I am a small time operation. We bale maybe 2500 square bales a year. We are looking to upgrade our baler. I found a New Holland 273 and a 276 for sale. Both appear to be in field ready condition with no known problems, and the sellers seam to be honest. The 273 is a supersweep with 3 joint PTO. Both have a kicker. Which model would be more desirable? We would be baling 1500 bales of wheat straw and remaining bales would be grass or alfalfa. It should be noted the combine has a 36 ft head and makes a big pile of a windrow.

Thanks in advance.
Yardbird


----------



## broadriverhay (Jun 13, 2014)

I have 2 273 balers and bale about 7000 bales of Bermuda a year. I don't think it would handle the size windrow you are speaking of. The supersweep pickup is 5 ft. wide and probably just cant handle the volume. However the balers are pretty simple to work on.


----------



## 8350HiTech (Jul 26, 2013)

If a 273/276 is an upgrade for baling 36' combine windrows, what are you using now? I also can't imagine trying to cram that much of anything into one of those narrow pickups.


----------



## yardbird (Apr 5, 2011)

I have an old International 37. Its very old but works ok. It certainly didn't like the windrow and wouldn't take all of it the first pass. Also had to run very sloooow.


----------



## yardbird (Apr 5, 2011)

Made a clerical error.
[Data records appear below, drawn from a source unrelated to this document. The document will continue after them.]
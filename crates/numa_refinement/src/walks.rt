//! Laws that relate the pools' walks to the core's frame searches. The functions do nothing: what
//! each one ensures is a law.
ghost use Rattle.std.specs.Prelude.{◌≡◌, ℕ, ◌+◌, ◌*◌, ◌<◌, ◌≤◌, true, List, [], ◌∷◌, length};
ghost use Rattle.std.specs.Prelude.{slice_index, slice_set, Option, Some, None};
ghost use mathlib.Core.Option.{some};
ghost use lib.ListN.{get_elem?};
ghost use Rattle.numa_core.specs.Executions.{CoreStep, IsExhausted, IsExecution, IsFull};
ghost use Rattle.numa_core.specs.Executions.{IsRightFrame};
ghost use Rattle.numa_core.specs.Executions.{IsRightPlacement, world_of};
ghost use Rattle.numa_core.specs.Steps.{effect_of, goes_on, going_on, over_by, won_by};
ghost use Rattle.numa_core.specs.Steps.{put, with_owner};
ghost use Rattle.numa_core.specs.World.{Setup, World, FrameSearch, opening, frame_search_of};
ghost use Rattle.numa_core.specs.World.{frame_search_after_look};
ghost use Rattle.numa_core.specs.World.{may_look, may_try, frame_search_past, owner_of};
ghost use Rattle.numa_requests.specs.declared.event.Event.{Event};
ghost use Rattle.numa_requests.specs.declared.event.CoreReply.{CoreReply};
ghost use Rattle.numa_machine.specs.declared.frame.Frame.{Frame};
ghost use Rattle.numa_pool.specs.Frames.{Holds};
ghost use Rattle.numa_pool.specs.Rule.{PoolRule};
ghost use Rattle.numa_pool.specs.Steps.{after_try, after_give};
ghost use Rattle.numa_pool.specs.Walk.{IsCurrent, IsNext, IsWalk, AllFull};
ghost use Rattle.numa_pool.specs.declared.view.Entry.{Entry};
ghost use Rattle.numa_pool.specs.declared.view.View.{View};
ghost use Rattle.numa_requests.specs.declared.placement.Placement.{Placement};
ghost use Rattle.numa_requests.specs.declared.request.Request.{Request};
ghost use Rattle.numa_core.specs.World.{fresh};
ghost use Rattle.numa_refinement.specs.FrameSearches.{IsFrameSearch, TakesTurns, TellsOfPage, Turn};
ghost use Rattle.numa_refinement.specs.FrameSearches.{steps_of, world_left};
ghost use Rattle.numa_refinement.specs.WalkSteps.{IsCoreStep, MayBegin, WalksOn, event_of, told};
ghost use Rattle.numa_refinement.specs.WalkSteps.{world_after_handover};
ghost use Rattle.numa_refinement.specs.Moves.{PoolState, IsOpening, Joins, Makes, SeatHolds};
ghost use Rattle.numa_refinement.specs.Moves.{Splits};
ghost use Rattle.numa_refinement.specs.Plays.{Done, IsPlay, NoneRefused, by_seat};
ghost use Rattle.numa_refinement.specs.Plays.{pools_of, execution_of, since_of};
ghost use Rattle.numa_refinement.specs.Tie.{HasMet, HaveMet, IsAt, IsTied, OwnsWhatIsHeld, noted};

/// If a frame search has met what a walk's steps found taken, the walk's current node is the frame
/// search's, and what the walk may do next the frame search may do. A frame search with a current
/// node goes on; if each listed node is full it is over.
pub fn walks_are_frame_searches()
    ensures current { (s : Setup) (frame_search : FrameSearch) (es : List Entry) (n : ℕ)
        → HasMet frame_search es
        → IsCurrent s.machine.frames es frame_search.nodes n → IsAt s frame_search n }
    ensures goes_on { (s : Setup) (frame_search : FrameSearch) (es : List Entry) (n : ℕ)
        → HasMet frame_search es
        → IsCurrent s.machine.frames es frame_search.nodes n
        → (goes_on s frame_search ≡ CoreReply.Still)
        × (going_on s frame_search ≡ Some frame_search) }
    ensures ended { (s : Setup) (frame_search : FrameSearch) (es : List Entry)
        → HasMet frame_search es
        → AllFull s.machine.frames es frame_search.nodes
        → (goes_on s frame_search ≡ over_by frame_search)
        × (going_on s frame_search ≡ None) }
    ensures may_look { (s : Setup) (frame_search : FrameSearch) (es : List Entry) (n w : ℕ)
        → HasMet frame_search es
        → IsCurrent s.machine.frames es frame_search.nodes n
        → 64 * w < slice_index s.machine.frames n
        → may_look s frame_search w ≡ true }
    ensures may_try { (s : Setup) (frame_search : FrameSearch) (es : List Entry) (f : Frame)
        → HasMet frame_search es
        → IsNext s.machine.frames es frame_search.nodes f → may_try s frame_search f ≡ true }
{}

/// What a frame search meets is what the walk's steps find taken. Under the pools' rule a load of a
/// word of the current node finds taken what a Look at it finds with an owner, and a lost try meets
/// the frame that a lost Try meets.
pub fn steps_meet_alike()
    ensures load { (s : Setup) (world : World) (words : List ℕ) (views : List View)
        (frame_search : FrameSearch)
        (es : List Entry) (n w : ℕ) → PoolRule s.machine.frames words views
        → OwnsWhatIsHeld world views → HasMet frame_search es
        → w < 64 → IsCurrent s.machine.frames es frame_search.nodes n
        → HasMet (frame_search_after_look s world w frame_search)
        (Entry.Load n w (slice_index words (64 * n + w)) ∷ es) }
    ensures lost { (frame_search : FrameSearch) (es : List Entry) (f : Frame)
        → HasMet frame_search es
        → HasMet (frame_search_past f frame_search) (Entry.Lost f ∷ es) }
{}

/// Each frame's owner stays the seat that holds it: a try that won makes the seat the owner of a
/// frame that had none, and a return by its holder leaves it without one.
pub fn owners_stay_holders()
    ensures won { (world : World) (views : List View) (id : ℕ) (v : View) (f : Frame)
        → get_elem? views id ≡ some v → OwnsWhatIsHeld world views → owner_of world f ≡ None
        → OwnsWhatIsHeld (with_owner world f (Some id)) (slice_set views id (after_try v f true)) }
    ensures gave { (world : World) (frames words : List ℕ) (views : List View) (id : ℕ) (v : View)
        (f : Frame) → PoolRule frames words views
        → get_elem? views id ≡ some v → OwnsWhatIsHeld world views → Holds v.held f
        → OwnsWhatIsHeld (with_owner world f None) (slice_set views id (after_give v f)) }
{}

/// A step makes an execution one longer, and leads to the world that the core's law says.
pub fn core_steps_make_executions()
    ensures { (s : Setup) (past : List CoreStep) (version : ℕ) (event : Event) (reply : CoreReply)
        → IsExecution s past → IsCoreStep s (world_of s past) version event reply
        → IsExecution s (told version event reply ∷ past)
        × (world_of s (told version event reply ∷ past)
        ≡ effect_of s (world_of s past) version event) }
{}

/// A load of a word of the current node, by a seat whose worker is searching, is a Look of that
/// worker.
pub fn load_is_a_look()
    ensures { (s : Setup) (world : World) (since : ℕ → List Entry) (old new : PoolState)
        (id version n w x : ℕ) (frame_search : FrameSearch)
        → WalksOn s world since id frame_search (Entry.Load n w x) old new
        → IsCoreStep s world version (Event.Look id w)
        (goes_on s (frame_search_after_look s world w frame_search)) }
{}

/// A try of a frame that may come next is a Try of the worker, and is answered as the seat found
/// the bit: it wins the frame, or goes on without it.
pub fn try_is_a_try()
    ensures won { (s : Setup) (world : World) (since : ℕ → List Entry) (old new : PoolState)
        (id version : ℕ) (f : Frame) (frame_search : FrameSearch)
        → WalksOn s world since id frame_search (Entry.Won f) old new
        → IsCoreStep s world version (Event.Try id f)
        (won_by s frame_search f) }
    ensures lost { (s : Setup) (world : World) (since : ℕ → List Entry) (old new : PoolState)
        (id version : ℕ) (f : Frame) (frame_search : FrameSearch)
        → WalksOn s world since id frame_search (Entry.Lost f) old new
        → IsCoreStep s world version (Event.Try id f)
        (goes_on s (frame_search_past f frame_search)) }
{}

/// After a load or a try the world is tied to the pools as before, and each frame search has met
/// what the steps found taken.
pub fn walks_keep_the_tie()
    ensures tied { (s : Setup) (world : World) (since : ℕ → List Entry) (old new : PoolState)
        (id version : ℕ) (e : Entry) (frame_search : FrameSearch)
        → WalksOn s world since id frame_search e old new
        → IsTied s (effect_of s world version (event_of id e)) new }
    ensures met { (s : Setup) (world : World) (since : ℕ → List Entry) (old new : PoolState)
        (id version : ℕ) (e : Entry) (frame_search : FrameSearch)
        → WalksOn s world since id frame_search e old new
        → HaveMet (effect_of s world version (event_of id e)) (noted since id e) }
{}

/// If its worker is idle, a return of a frame that the seat holds is a Give.
pub fn return_is_a_give()
    ensures core_step { (s : Setup) (world : World) (old new : PoolState) (id version : ℕ)
        (f : Frame)
        → IsTied s world old → frame_search_of world id ≡ None → Makes (Entry.Gave f) id old new
        → IsCoreStep s world version (Event.Give id f) CoreReply.Given }
    ensures tied { (s : Setup) (world : World) (old new : PoolState) (id version : ℕ) (f : Frame)
        → IsTied s world old → frame_search_of world id ≡ None → Makes (Entry.Gave f) id old new
        → IsTied s (effect_of s world version (Event.Give id f)) new }
    ensures met { (s : Setup) (world : World) (since : ℕ → List Entry) (id version : ℕ) (f : Frame)
        → frame_search_of world id ≡ None → HaveMet world since
        → HaveMet (effect_of s world version (Event.Give id f)) (noted since id (Entry.Gave f)) }
{}

/// A walk starts at a Begin of its seat's worker, which the pools take no step for: the frame
/// search has the list of the version that it takes, and has met nothing.
pub fn begin_starts_a_walk()
    ensures core_step { (s : Setup) (world : World) (id version : ℕ) (request : Request)
        (nodes : List ℕ) → MayBegin s world id version request nodes
        → IsCoreStep s world version (Event.Begin id request)
        (goes_on s (fresh (Some request) version nodes)) }
    ensures frame_search { (s : Setup) (world : World) (id version : ℕ) (request : Request)
        (nodes : List ℕ)
        → MayBegin s world id version request nodes
        → frame_search_of (effect_of s world version (Event.Begin id request)) id
        ≡ going_on s (fresh (Some request) version nodes) }
    ensures tied { (s : Setup) (world : World) (state : PoolState) (id version : ℕ)
        (request : Request) → IsTied s world state
        → IsTied s (effect_of s world version (Event.Begin id request)) state }
    ensures met { (s : Setup) (world : World) (since : ℕ → List Entry) (id version : ℕ)
        (request : Request) → HaveMet world since
        → HaveMet (effect_of s world version (Event.Begin id request)) (put since id []) }
{}
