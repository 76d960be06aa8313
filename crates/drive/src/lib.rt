// The drive by value: power-up, and what selection, deselection and reset make of it. `specs/` defines every event, and `proofs/` has what the
// customer asked to know of them; the code of the other kinds is in `events`.
#![tactic(auto)]

mod answer;
mod drive;
mod power;

pub use answer::{Answer, Outcome};
pub use drive::Drive;
pub use power::power_up;
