// Power-up: the limits, then the slices.
ghost use Rattle.std.specs.Prelude.{◌≡◌};
ghost use Rattle.drive.specs.Power.{at_rest, PoweredUp};

use crate::drive::Drive;
use parts::{Pending, Place, Setup};
use refusals::Refusal;

// The drive at rest; or 9 for a number outside its limits, 10 for a slice too short. No lent word is touched.
pub fn power_up(setup: Setup, sector_words: &[u16], staging_words: &[u16]) -> Result<Drive, Refusal>
    ensures { PoweredUp setup sector_words.now staging_words.now result }
{
    if !setup.within_limits() {
        return Err(Refusal::OutsideItsLimits);
    }
    if setup.lacks_room(sector_words.len(), staging_words.len()) {
        return Err(Refusal::SliceTooShort);
    }
    Ok(at_rest(setup))
}

fn at_rest(setup: Setup) -> Drive
    ensures { result ≡ at_rest setup }
{
    Drive {
        setup,
        holding: parts::no_holding(),
        place: Place {
            cylinder: 0,
            head: 0,
            sector: 0,
        },
        target: parts::NO_TARGET,
        transfer: parts::no_transfer(),
        pending0: Pending {
            octet1: 0,
            octet2: 0,
        },
        pending1: Pending {
            octet1: 0,
            octet2: 0,
        },
    }
}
It is a 26 foot head on the combine. That's a big difference. Sorry.


----------



## DSLinc1017 (Sep 27, 2009)

While the 273 baler is a great baler, and I'm lost on where the 276 falls in line. I can say that the 311 had some great improvements over the 273. Particularly in keeping the timing in check, I believe the long chain drive was replaced with a shaft. 
Please fellow readers chime in if I'm wrong!
My point being...... I see a lot of 311's selling for similar price to the 273. 
On the flip side, a 273 in good order should be a charm compared to your 37. I've seen a few 273's sell for near nothing in these parts and have been tempted to think a second spare small square back up baler would be a good idea... Reality quickly sinks in....


----------



## Tim/South (Dec 12, 2011)

I would take the 276 over the 273. The 276 was considered a fairly high capacity baler around here back in the mid '70's. We ran the next size up, the 278 and it was a great baler for us. I am thinking the 276 is a newer baler style than the 273. Not for sure though.


----------